● TASK REQUIREMENTS
Scan the material and copy every line in which "IsCut" appears.

● RECORDS PROVIDED
+++++

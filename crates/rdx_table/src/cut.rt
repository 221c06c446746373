// A list pattern at a list, in three parts: the entries before the first repetition, those from it
// to the last repetition, and those behind that, each with the ids of the terms that are theirs.
ghost use Rattle.std.specs.Prelude.{◌≡◌, ◌<◌, ◌≤◌, ◌+◌, true, length, take, drop, IfSome, IsNone};
ghost use Rattle.rdx_bind.specs.Parts as model;
ghost use Rattle.rdx_bind.specs.Parts.{IsCut};
ghost use Rattle.rdx_store.specs.Stored.{tree_by_id};
ghost use Rattle.rdx_nodes.specs.Nodes.{slots_at, AreEntries};
ghost use Rattle.rdx_nodes.specs.Settings.{patterns_at_hand, trees_at_hand};
ghost use Rattle.rdx_table.specs.Inside.Cuts as spec;
ghost use Rattle.rdx_table.specs.Inside.Cuts.{are_ones, part_at, IsPart};

use rdx_nodes::node::Entry;
use rdx_nodes::setting::Setting;
use rdx_store::TermId;
use rdx_term::Term;

/// Some entries of a list pattern, with the terms that they have to match.
#[derive(Clone, Copy)]
pub(crate) struct Part<'s, 'a> {
    /// The entries.
    pub(crate) entries: &'s [Entry<'a>],
    /// The ids of the terms, in their order.
    pub(crate) ids: &'s [TermId],
    /// The place of the first of the terms in the list.
    pub(crate) place: usize,
}

/// A list pattern at a list.
#[derive(Clone, Copy)]
pub(crate) struct Parts<'s, 'a> {
    /// The entries before the first repetition, each with one term.
    pub(crate) before: Part<'s, 'a>,
    /// From the first repetition to the last; neither entries nor terms where there is none.
    pub(crate) middle: Part<'s, 'a>,
    /// The entries behind the last repetition, each with one term.
    pub(crate) behind: Part<'s, 'a>,
}

// Whether the entry is one term's.
fn is_one(entry: &Entry<'_>) -> bool
    ensures { result ≡ spec.is_one entry.now }
{
    match entry {
        Entry::One(_) => true,
        Entry::Many(_) => false,
    }
}

// How many entries there are before the first repetition.
fn before_first(entries: &[Entry<'_>]) -> usize
    ensures within { result ≤ length entries.now }
    ensures single { are_ones (take result entries.now) ≡ true }
{
    let mut count = 0;
    while count < entries.len() && is_one(&entries[count]) {
        count += 1;
    }
    count
}

// The place behind the last repetition.
fn behind_last(entries: &[Entry<'_>]) -> usize
    ensures within { result ≤ length entries.now }
    ensures single { are_ones (drop result entries.now) ≡ true }
{
    let mut start = entries.len();
    while start > 0 && is_one(&entries[start - 1]) {
        start -= 1;
    }
    start
}

/// The parts of the entries of a list pattern with those of the list with this id; `None` where
/// the term is no list, or has too few items for the entries, or too many where none is repeated.
pub(crate) fn parts_of<'s, 'a>(
    setting: &'s Setting<'a>,
    entries: &'s [Entry<'a>],
    id: TermId,
) -> Option<Parts<'s, 'a>>
    requires id { id < length (trees_at_hand setting.now) }
    requires entries { AreEntries (patterns_at_hand setting.now)
        (length (patterns_at_hand setting.now)) entries.now }
    ensures some { IfSome result (λ parts. IsCut
        (slots_at (patterns_at_hand setting.now) entries.now)
        (tree_by_id (trees_at_hand setting.now) id)
        (part_at (patterns_at_hand setting.now) (trees_at_hand setting.now) parts.before)
        (part_at (patterns_at_hand setting.now) (trees_at_hand setting.now) parts.middle)
        (part_at (patterns_at_hand setting.now) (trees_at_hand setting.now) parts.behind)) }
    ensures before { IfSome result (λ parts. IsPart
        (patterns_at_hand setting.now) (trees_at_hand setting.now) parts.before) }
    ensures middle { IfSome result (λ parts. IsPart
        (patterns_at_hand setting.now) (trees_at_hand setting.now) parts.middle) }
    ensures behind { IfSome result (λ parts. IsPart
        (patterns_at_hand setting.now) (trees_at_hand setting.now) parts.behind) }
    ensures first_place { IfSome result (λ parts.
        parts.before.place + length parts.before.ids.now ≤ usize.MAX) }
    ensures middle_place { IfSome result (λ parts.
        parts.middle.place + length parts.middle.entries.now ≤ usize.MAX) }
    ensures last_place { IfSome result (λ parts.
        parts.behind.place + length parts.behind.ids.now ≤ usize.MAX) }
    ensures none { IsNone result → model.CannotFit
        (slots_at (patterns_at_hand setting.now) entries.now)
        (tree_by_id (trees_at_hand setting.now) id) }
{
    let ids = match setting.store.term(id) {
        Term::Hole | Term::Int(_) | Term::Bool(_) | Term::Str(_) | Term::Sym(_) => return None,
        Term::List(_) => setting.store.items(id),
    };
    let (before, others) = entries.split_at(before_first(entries));
    let (middle, behind) = others.split_at(behind_last(others));
    let singles = before.len() + behind.len();
    if ids.len() < singles {
        return None;
    }
    if middle.is_empty() && ids.len() > singles {
        return None;
    }
    let (firsts, rest) = ids.split_at(before.len());
    let (inner, lasts) = rest.split_at(rest.len() - behind.len());
    Some(Parts {
        before: Part {
            entries: before,
            ids: firsts,
            place: 0,
        },
        middle: Part {
            entries: middle,
            ids: inner,
            place: firsts.len(),
        },
        behind: Part {
            entries: behind,
            ids: lasts,
            place: firsts.len() + inner.len(),
        },
    })
}
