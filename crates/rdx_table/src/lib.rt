//! The matcher with a memo. What it works on, the nodes of patterns and the ids of terms, is in `rdx_nodes`.
#![tactic(auto)]

mod cells;
mod columns;
mod cut;
mod forms;
mod frame;
mod items;
mod look;
mod memo;
mod solve;
mod table;
mod task;

pub use table::Table;
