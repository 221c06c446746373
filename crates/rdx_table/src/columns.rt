// A look at a column: an item of a list pattern at each place of a list, together with those
// behind it.
ghost use Rattle.std.specs.Prelude.{◌≡◌, ◌<◌, ◌≤◌, ◌+◌, IfOk, length, option_copied};
ghost use Rattle.rdx_lang.specs.Names.{names};
ghost use Rattle.rdx_lang.specs.PatternView.{just, repeated};
ghost use Rattle.rdx_bind.specs.Rows.{split_rows_of};
ghost use Rattle.rdx_store.specs.Stored.{trees_by_ids, AreIds};
ghost use Rattle.rdx_nodes.specs.Nodes.{pattern_at, slots_at, AreEntries};
ghost use Rattle.rdx_table.specs.Inside.Cells.{BeginsWith, IsBehind};
ghost use Rattle.rdx_table.specs.Inside.Looks.{language_of_look, patterns_of_look, trees_of_look};
ghost use Rattle.rdx_table.specs.Inside.Looks.{IsLook, MeetsColumn, Stops};
ghost use Rattle.rdx_table.specs.Inside.Tasks.{column_trees, slots_in, IsColumnTask};

use crate::cells::{Cells, ask_for};
use crate::look::Look;
use crate::task::{Column, Stop, Task};
use rdx_bind::asks::Ask;
use rdx_bind::columns::{asks_behind, empty_rows, end_column, nothing_asked, one_column};
use rdx_bind::repetition::Repetition;
use rdx_bind::rows::Row;
use rdx_bind::turns::turns_column;
use rdx_nodes::node::{Entry, Turns};
use rdx_store::TermId;

impl<'s, 'a> Look<'s, 'a> {
    // The terms of a column.
    fn terms(&self, column: &Column) -> &'s [TermId]
        requires { IsColumnTask (language_of_look self.now) (patterns_of_look self.now)
            (trees_of_look self.now) column.now }
        ensures ids { AreIds result.now (length (trees_of_look self.now)) }
        ensures terms { trees_by_ids (trees_of_look self.now) result.now
            ≡ column_trees (language_of_look self.now) (patterns_of_look self.now)
            (trees_of_look self.now) column.now }
        ensures places { length column.now.asks.items ≡ length result.now + 1 }
        ensures within { column.now.place + length result.now ≤ usize.MAX }
    {
        let items = self.setting.store.items(column.id);
        let end = column.place + (column.asks.len() - 1);
        &items[column.place..end]
    }

    // The rows of the items of a column behind the first, of which this is asked.
    fn behind(&self, column: &Column, asks: Vec<Ask>) -> Result<&'s [Row], Stop>
        requires look { IsLook self.now }
        requires column { IsColumnTask (language_of_look self.now) (patterns_of_look self.now)
            (trees_of_look self.now) column.now }
        requires some { column.now.first < column.now.last }
        requires next { column.now.first + 1 ≤ usize.MAX }
        requires places { length asks.items ≡ length column.now.asks.items }
        ensures found { IfOk result (λ rows.
            IsBehind self.now column.now asks.items (split_rows_of rows.now)) }
        ensures stop { Stops self.now.setting.now result }
    {
        let behind = Column {
            number: column.number,
            id: column.id,
            first: column.first + 1,
            last: column.last,
            place: column.place,
            asks,
        };
        match self.rows(&behind, self.answers.len().saturating_sub(1)) {
            Some(rows) => Ok(rows),
            None => Err(ask_for(self.setting.alloc, Task::Column(behind))),
        }
    }

    // The rows of a column that begins with one term's item, of the pattern with this number.
    fn column_of_one(&self, number: usize, column: &Column) -> Result<Vec<Row>, Stop>
        requires look { IsLook self.now }
        requires column { IsColumnTask (language_of_look self.now) (patterns_of_look self.now)
            (trees_of_look self.now) column.now }
        requires some { column.now.first < column.now.last }
        requires next { column.now.first + 1 ≤ usize.MAX }
        requires number { number < length (patterns_of_look self.now) }
        requires item { BeginsWith self.now column.now
            (just (pattern_at (patterns_of_look self.now) number)) }
        ensures found { IfOk result (λ rows. MeetsColumn self.now column.now rows.items) }
        ensures stop { Stops self.now.setting.now result }
    {
        let alloc = self.setting.alloc;
        let source = Cells::new(*self, number, self.terms(column), column.place)?;
        let cells = source.cells(&column.asks)?;
        let asked = asks_behind(alloc, &column.asks, &cells)?;
        let nexts = self.behind(column, asked)?;
        let rows = one_column(alloc, &column.asks, &cells, nexts)?;
        Ok(rows)
    }

    // The rows of a column that begins with this repetition.
    fn column_of_many(&self, turns: &Turns<'a>, column: &Column) -> Result<Vec<Row>, Stop>
        requires look { IsLook self.now }
        requires column { IsColumnTask (language_of_look self.now) (patterns_of_look self.now)
            (trees_of_look self.now) column.now }
        requires some { column.now.first < column.now.last }
        requires next { column.now.first + 1 ≤ usize.MAX }
        requires number { turns.now.number < length (patterns_of_look self.now) }
        requires names { turns.now.names.items
            ≡ names (pattern_at (patterns_of_look self.now) turns.now.number) }
        requires item { BeginsWith self.now column.now
            (repeated (pattern_at (patterns_of_look self.now) turns.now.number)
            (option_copied turns.now.length)) }
        ensures found { IfOk result (λ rows. MeetsColumn self.now column.now rows.items) }
        ensures stop { Stops self.now.setting.now result }
    {
        let alloc = self.setting.alloc;
        let source = Cells::new(*self, turns.number, self.terms(column), column.place)?;
        let (asked, cells) = source.turns(&column.asks)?;
        let nexts = self.behind(column, asked)?;
        let repetition = Repetition {
            names: &turns.names,
            length: turns.length,
        };
        let rows = turns_column(alloc, repetition, &column.asks, &cells, nexts)?;
        Ok(rows)
    }

    /// The rows of a column, of these entries of its list pattern.
    pub(crate) fn column(&self, entries: &[Entry<'a>], column: &Column) -> Result<Vec<Row>, Stop>
        requires look { IsLook self.now }
        requires column { IsColumnTask (language_of_look self.now) (patterns_of_look self.now)
            (trees_of_look self.now) column.now }
        requires entries { AreEntries (patterns_of_look self.now)
            (length (patterns_of_look self.now)) entries.now }
        requires slots { slots_in (pattern_at (patterns_of_look self.now) column.now.number)
            ≡ slots_at (patterns_of_look self.now) entries.now }
        ensures found { IfOk result (λ rows. MeetsColumn self.now column.now rows.items) }
        ensures stop { Stops self.now.setting.now result }
    {
        let alloc = self.setting.alloc;
        let asks = &column.asks;
        if nothing_asked(asks) {
            let rows = empty_rows(alloc, asks.len())?;
            return Ok(rows);
        }
        if column.first == column.last {
            let terms = asks.len() - 1;
            let rows = end_column(alloc, terms, asks[terms])?;
            return Ok(rows);
        }
        match &entries[column.first] {
            Entry::One(number) => self.column_of_one(*number, column),
            Entry::Many(turns) => self.column_of_many(turns, column),
        }
    }
}
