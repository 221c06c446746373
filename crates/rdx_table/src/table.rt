// The matcher with a memo.
ghost use Rattle.std.specs.Prelude.{IfOk};
ghost use Rattle.rdx_term.specs.View.{tree_of};
ghost use Rattle.rdx_lang.specs.Checked.{language_in, pattern_in};
ghost use Rattle.rdx_lang.specs.Rules.{Match};
ghost use Rattle.rdx_bind.specs.Columns.{HasAsked};
ghost use Rattle.rdx_bind.specs.Rows.{split_row_of};
ghost use Rattle.rdx_bind.specs.Spots.{SplitsAt};
ghost use Rattle.rdx_nodes.specs.Asked.{asked_where};
ghost use Rattle.rdx_nodes.specs.Interned.{tree_in};

use crate::solve::solve;
use crate::task::Goal;
use rdx_bind::listing;
use rdx_bind::rows::Row;
use rdx_bind::seen::{all_visible, visible_spots};
use rdx_direct::{try_matches, try_splits};
use rdx_lang::{Binding, CheckedLang, CheckedPat, Matcher, Split};
use rdx_nodes::interned::Interned;
use rdx_nodes::places::Places;
use rdx_nodes::setting::Setting;
use rdx_nodes::splitting::sorted_splits;
use rdx_term::{NoMemory, Term};
use std::alloc::Global;

/// A matcher that walks over pattern and term where that answers, and else works out each pattern at
/// each term once, and keeps what is pending on a stack in memory. It holds the ids of the parts of
/// the last term that was worked out so, for a call with the same term, and where the nonterminals of
/// the languages stand that it was called with.
#[derive(Drop)]
pub struct Table {
    alloc: Global,
    // The last term that was worked out, if memory sufficed for its row.
    last: Option<Interned>,
    // Where the nonterminals of the languages stand that were seen so far.
    places: Places,
}

impl Table {
    /// A matcher that takes its memory from here.
    pub fn new(alloc: Global) -> Result<Table, NoMemory> {
        Ok(Table {
            alloc,
            last: None,
            places: Places::new(alloc),
        })
    }

    // What the pattern binds where it matches the term, and where it splits it if this is asked for
    // too. The term stays interned for the next call.
    fn row(
        &mut self,
        language: &CheckedLang,
        pat: &CheckedPat,
        t: &Term,
        splits: bool,
    ) -> Result<Row, NoMemory>
        ensures { IfOk result (λ row. HasAsked
            (Match (language_in language.now) (pattern_in pat.now) (tree_of t.now))
            (SplitsAt (language_in language.now) (pattern_in pat.now) (tree_of t.now))
            (asked_where splits) (split_row_of row)) }
    {
        let whole = Interned::of(self.alloc, self.last.take(), t)?;
        self.places.see(self.alloc, language.language())?;
        let places = self.places.of(language.language());
        let row = row_of(self.alloc, language, places, pat, &whole, splits)?;
        self.last = Some(whole);
        Ok(row)
    }
}

// What the pattern binds where it matches the term, and where it splits it if this is asked for
// too.
fn row_of(
    alloc: Global,
    language: &CheckedLang,
    places: &[usize],
    pat: &CheckedPat,
    whole: &Interned,
    splits: bool,
) -> Result<Row, NoMemory>
    ensures { IfOk result (λ row. HasAsked
        (Match (language_in language.now) (pattern_in pat.now) (tree_in whole.now))
        (SplitsAt (language_in language.now) (pattern_in pat.now) (tree_in whole.now))
        (asked_where splits) (split_row_of row)) }
{
    let mut setting = Setting::new(alloc, language, places, &whole.store);
    let number = setting.add(pat.pat())?;
    let id = whole.id;
    solve(setting, Goal { number, id, splits })
}

impl Matcher for Table {
    fn matches(
        &mut self,
        language: &CheckedLang,
        pat: &CheckedPat,
        t: &Term,
    ) -> Result<Vec<Binding>, NoMemory> {
        self.places.see(self.alloc, language.language())?;
        let places = self.places.of(language.language());
        if let Some(found) = try_matches(self.alloc, language, places, pat, t)? {
            return Ok(found);
        }
        let row = self.row(language, pat, t, false)?;
        listing(self.alloc, all_visible(self.alloc, row.matches)?)
    }

    fn splits(
        &mut self,
        language: &CheckedLang,
        pat: &CheckedPat,
        t: &Term,
    ) -> Result<Vec<Split>, NoMemory> {
        self.places.see(self.alloc, language.language())?;
        let places = self.places.of(language.language());
        if let Some(found) = try_splits(self.alloc, language, places, pat, t)? {
            return Ok(found);
        }
        let row = self.row(language, pat, t, true)?;
        sorted_splits(self.alloc, t, visible_spots(self.alloc, row.spots)?)
    }
}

+++++

● RESPONSE FOR THIS EXERCISE
ghost use Rattle.rdx_bind.specs.Parts.{IsCut};
    ensures some { IfSome result (λ parts. IsCut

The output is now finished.